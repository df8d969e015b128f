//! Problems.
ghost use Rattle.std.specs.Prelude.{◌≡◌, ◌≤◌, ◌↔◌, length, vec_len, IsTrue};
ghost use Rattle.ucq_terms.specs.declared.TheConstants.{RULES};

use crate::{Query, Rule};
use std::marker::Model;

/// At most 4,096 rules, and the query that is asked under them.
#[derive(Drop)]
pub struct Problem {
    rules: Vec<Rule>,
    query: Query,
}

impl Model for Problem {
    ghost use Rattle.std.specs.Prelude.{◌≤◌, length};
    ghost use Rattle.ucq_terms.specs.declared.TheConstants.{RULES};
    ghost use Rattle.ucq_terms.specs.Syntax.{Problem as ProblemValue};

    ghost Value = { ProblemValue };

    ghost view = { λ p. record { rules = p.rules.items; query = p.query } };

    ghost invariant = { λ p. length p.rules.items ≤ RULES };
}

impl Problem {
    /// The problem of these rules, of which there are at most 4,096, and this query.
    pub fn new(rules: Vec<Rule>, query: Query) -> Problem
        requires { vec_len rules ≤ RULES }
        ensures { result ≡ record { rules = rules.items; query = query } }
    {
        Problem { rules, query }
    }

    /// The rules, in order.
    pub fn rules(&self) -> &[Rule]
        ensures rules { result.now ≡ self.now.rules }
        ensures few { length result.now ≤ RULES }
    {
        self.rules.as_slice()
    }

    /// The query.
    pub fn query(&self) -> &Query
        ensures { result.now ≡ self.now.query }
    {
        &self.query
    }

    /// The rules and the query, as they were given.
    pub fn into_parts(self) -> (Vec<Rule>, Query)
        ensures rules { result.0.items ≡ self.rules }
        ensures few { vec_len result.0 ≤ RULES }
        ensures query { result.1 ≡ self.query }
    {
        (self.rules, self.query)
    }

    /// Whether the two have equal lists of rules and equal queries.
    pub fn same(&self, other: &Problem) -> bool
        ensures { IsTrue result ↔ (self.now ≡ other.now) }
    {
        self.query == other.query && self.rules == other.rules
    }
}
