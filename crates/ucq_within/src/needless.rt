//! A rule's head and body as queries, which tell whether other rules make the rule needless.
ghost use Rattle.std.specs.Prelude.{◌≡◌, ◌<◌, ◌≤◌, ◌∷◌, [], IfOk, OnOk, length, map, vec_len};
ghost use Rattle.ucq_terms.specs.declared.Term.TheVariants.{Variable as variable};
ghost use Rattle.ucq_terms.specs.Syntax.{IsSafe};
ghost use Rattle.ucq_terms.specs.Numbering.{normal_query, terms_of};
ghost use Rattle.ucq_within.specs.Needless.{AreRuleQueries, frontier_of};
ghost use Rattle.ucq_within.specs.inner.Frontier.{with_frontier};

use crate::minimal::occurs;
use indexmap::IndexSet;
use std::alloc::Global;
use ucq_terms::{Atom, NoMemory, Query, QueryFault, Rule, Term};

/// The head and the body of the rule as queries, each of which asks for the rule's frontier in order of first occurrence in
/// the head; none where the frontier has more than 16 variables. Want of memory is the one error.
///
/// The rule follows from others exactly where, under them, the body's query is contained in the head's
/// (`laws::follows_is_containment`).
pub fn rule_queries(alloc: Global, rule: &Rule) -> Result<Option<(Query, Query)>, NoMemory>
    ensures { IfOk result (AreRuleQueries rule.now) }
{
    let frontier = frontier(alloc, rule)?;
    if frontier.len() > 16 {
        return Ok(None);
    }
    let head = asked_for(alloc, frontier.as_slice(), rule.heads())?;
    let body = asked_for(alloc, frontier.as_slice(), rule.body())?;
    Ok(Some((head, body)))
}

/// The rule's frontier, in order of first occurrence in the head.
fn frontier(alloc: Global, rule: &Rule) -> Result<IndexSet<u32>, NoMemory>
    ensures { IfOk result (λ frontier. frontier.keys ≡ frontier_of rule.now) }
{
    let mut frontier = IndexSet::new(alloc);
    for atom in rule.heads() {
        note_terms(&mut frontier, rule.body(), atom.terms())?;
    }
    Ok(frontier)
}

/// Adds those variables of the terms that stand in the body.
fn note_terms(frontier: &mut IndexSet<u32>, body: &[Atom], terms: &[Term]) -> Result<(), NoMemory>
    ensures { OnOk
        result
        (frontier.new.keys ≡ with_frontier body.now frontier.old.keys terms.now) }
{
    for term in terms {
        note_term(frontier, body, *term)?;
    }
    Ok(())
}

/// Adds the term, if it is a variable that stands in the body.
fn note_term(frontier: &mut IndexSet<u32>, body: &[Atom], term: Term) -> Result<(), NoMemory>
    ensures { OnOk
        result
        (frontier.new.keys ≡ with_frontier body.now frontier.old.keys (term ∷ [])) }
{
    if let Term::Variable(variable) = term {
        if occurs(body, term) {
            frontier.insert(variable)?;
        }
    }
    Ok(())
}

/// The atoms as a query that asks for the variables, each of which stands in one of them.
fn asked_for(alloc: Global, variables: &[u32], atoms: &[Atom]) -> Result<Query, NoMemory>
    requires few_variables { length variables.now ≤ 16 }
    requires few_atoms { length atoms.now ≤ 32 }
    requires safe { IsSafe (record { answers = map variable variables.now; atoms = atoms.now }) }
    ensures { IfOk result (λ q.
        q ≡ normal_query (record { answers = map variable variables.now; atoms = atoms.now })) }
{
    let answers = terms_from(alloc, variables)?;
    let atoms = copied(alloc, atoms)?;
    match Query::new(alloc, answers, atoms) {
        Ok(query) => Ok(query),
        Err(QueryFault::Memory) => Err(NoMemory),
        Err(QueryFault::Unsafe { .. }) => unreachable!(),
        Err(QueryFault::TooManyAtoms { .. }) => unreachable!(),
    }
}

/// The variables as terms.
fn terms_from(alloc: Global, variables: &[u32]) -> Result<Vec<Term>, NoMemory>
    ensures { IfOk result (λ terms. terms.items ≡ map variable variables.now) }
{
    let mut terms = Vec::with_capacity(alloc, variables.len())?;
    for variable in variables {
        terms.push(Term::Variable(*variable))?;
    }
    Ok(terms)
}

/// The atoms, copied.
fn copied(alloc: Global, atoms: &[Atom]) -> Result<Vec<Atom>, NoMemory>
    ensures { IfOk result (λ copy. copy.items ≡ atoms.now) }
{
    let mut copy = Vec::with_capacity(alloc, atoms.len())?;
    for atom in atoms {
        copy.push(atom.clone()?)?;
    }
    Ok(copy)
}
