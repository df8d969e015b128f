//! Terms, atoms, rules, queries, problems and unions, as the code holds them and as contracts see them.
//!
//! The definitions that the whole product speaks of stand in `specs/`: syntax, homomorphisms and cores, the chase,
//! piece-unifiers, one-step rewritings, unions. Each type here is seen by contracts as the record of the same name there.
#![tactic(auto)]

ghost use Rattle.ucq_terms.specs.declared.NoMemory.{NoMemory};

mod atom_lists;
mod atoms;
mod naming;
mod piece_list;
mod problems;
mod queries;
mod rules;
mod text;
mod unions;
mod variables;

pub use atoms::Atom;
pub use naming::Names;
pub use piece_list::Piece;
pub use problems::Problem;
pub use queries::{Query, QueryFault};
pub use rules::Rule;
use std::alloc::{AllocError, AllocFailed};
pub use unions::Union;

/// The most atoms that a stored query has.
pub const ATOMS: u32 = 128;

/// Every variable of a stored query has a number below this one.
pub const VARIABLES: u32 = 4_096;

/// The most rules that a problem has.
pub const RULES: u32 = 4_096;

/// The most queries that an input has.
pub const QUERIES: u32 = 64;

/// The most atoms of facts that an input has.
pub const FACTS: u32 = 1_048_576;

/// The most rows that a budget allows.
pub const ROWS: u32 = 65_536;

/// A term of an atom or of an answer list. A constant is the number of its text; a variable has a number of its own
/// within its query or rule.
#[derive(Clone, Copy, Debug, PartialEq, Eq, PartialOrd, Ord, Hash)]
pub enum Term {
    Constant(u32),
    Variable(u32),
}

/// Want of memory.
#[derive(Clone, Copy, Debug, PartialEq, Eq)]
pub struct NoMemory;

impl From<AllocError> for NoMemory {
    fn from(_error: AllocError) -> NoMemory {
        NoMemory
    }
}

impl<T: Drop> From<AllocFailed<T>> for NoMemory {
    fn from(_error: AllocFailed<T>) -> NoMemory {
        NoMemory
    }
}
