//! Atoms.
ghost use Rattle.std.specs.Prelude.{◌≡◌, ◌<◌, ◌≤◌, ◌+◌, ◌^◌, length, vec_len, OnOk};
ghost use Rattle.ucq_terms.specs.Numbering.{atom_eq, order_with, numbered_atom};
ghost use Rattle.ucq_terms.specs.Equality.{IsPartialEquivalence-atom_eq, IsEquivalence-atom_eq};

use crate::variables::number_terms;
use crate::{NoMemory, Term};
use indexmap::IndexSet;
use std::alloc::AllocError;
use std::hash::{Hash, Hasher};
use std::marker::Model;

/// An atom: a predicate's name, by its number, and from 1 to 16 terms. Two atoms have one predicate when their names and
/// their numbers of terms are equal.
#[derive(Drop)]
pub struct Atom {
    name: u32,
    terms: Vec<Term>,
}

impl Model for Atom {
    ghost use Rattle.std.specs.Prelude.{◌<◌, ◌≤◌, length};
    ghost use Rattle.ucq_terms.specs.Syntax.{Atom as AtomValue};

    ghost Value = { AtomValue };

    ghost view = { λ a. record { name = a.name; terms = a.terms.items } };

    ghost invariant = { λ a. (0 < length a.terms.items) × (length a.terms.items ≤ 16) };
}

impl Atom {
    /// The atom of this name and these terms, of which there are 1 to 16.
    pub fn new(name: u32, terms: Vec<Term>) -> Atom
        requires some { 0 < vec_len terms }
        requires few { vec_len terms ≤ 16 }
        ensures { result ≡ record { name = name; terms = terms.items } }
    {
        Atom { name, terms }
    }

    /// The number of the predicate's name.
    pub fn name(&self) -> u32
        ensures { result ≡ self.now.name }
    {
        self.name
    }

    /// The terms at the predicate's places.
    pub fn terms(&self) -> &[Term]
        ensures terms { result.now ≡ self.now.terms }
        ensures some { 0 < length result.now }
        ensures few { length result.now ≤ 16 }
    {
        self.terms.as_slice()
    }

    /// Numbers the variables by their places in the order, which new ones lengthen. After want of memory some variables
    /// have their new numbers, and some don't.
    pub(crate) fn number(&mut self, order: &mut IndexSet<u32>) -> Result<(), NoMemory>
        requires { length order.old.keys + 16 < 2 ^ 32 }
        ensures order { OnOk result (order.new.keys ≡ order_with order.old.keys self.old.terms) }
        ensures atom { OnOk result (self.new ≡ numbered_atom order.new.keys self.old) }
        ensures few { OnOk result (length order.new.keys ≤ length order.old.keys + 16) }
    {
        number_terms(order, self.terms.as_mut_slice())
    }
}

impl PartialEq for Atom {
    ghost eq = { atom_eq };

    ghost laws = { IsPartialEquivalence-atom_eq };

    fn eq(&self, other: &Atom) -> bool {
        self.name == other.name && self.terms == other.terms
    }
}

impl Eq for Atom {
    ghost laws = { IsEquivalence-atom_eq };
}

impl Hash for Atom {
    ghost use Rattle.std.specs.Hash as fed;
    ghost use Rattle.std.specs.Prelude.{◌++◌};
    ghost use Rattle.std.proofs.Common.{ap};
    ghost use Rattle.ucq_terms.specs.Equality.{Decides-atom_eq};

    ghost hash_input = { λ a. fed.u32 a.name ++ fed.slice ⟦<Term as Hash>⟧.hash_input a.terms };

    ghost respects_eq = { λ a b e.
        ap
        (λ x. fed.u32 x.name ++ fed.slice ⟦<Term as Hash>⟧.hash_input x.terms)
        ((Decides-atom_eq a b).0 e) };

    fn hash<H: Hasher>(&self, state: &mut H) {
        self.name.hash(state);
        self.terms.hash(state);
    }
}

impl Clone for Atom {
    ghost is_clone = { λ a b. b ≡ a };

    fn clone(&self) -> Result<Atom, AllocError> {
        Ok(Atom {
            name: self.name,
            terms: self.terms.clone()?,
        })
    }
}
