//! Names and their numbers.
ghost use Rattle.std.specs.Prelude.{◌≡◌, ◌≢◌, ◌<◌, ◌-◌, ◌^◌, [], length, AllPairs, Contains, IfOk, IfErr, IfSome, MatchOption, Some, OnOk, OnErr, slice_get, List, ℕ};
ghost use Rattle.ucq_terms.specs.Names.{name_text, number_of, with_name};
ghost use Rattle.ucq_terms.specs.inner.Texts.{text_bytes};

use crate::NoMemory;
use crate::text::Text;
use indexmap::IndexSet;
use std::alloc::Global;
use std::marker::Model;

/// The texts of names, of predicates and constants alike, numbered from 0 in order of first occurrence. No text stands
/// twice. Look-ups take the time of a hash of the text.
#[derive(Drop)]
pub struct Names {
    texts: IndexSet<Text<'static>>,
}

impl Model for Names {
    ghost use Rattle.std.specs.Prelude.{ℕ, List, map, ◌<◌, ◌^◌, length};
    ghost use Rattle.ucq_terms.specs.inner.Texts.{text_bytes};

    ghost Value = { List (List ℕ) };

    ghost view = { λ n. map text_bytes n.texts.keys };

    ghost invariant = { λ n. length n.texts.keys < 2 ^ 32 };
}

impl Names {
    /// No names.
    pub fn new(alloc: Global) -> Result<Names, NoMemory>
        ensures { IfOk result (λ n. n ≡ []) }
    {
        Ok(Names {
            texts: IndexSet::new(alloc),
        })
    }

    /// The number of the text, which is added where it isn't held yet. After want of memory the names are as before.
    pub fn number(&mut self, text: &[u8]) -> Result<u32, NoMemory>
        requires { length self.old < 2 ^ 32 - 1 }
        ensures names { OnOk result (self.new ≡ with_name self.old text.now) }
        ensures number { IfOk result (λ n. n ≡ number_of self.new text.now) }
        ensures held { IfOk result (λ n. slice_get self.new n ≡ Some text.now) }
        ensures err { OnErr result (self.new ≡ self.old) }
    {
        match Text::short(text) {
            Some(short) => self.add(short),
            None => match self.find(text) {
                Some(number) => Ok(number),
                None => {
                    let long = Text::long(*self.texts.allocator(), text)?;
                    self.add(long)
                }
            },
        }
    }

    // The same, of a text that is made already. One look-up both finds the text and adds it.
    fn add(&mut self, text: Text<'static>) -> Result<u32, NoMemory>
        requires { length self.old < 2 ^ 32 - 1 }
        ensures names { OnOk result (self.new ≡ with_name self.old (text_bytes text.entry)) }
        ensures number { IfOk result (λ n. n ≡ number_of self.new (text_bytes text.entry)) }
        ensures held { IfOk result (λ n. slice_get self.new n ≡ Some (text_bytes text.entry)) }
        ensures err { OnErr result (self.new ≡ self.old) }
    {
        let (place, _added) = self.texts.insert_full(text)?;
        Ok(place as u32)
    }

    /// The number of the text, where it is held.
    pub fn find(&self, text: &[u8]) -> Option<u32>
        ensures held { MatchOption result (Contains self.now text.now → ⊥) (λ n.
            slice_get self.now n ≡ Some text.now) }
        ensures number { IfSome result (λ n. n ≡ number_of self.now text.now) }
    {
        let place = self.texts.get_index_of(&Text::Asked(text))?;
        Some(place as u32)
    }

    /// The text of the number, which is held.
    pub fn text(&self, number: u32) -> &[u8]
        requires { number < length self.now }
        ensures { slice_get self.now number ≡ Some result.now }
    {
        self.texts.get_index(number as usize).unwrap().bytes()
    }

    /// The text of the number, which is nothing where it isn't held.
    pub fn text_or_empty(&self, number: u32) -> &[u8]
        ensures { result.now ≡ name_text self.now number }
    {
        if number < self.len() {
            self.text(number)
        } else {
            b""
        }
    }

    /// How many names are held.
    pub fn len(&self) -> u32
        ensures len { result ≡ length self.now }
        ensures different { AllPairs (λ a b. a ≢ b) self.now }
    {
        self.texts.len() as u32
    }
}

▸ ACTIVITY: Show every line above in which the word "stored" is found.

▸ SOLUTION FOR THIS TASK:
/// The most atoms that a stored query has.
/// Every variable of a stored query has a number below this one.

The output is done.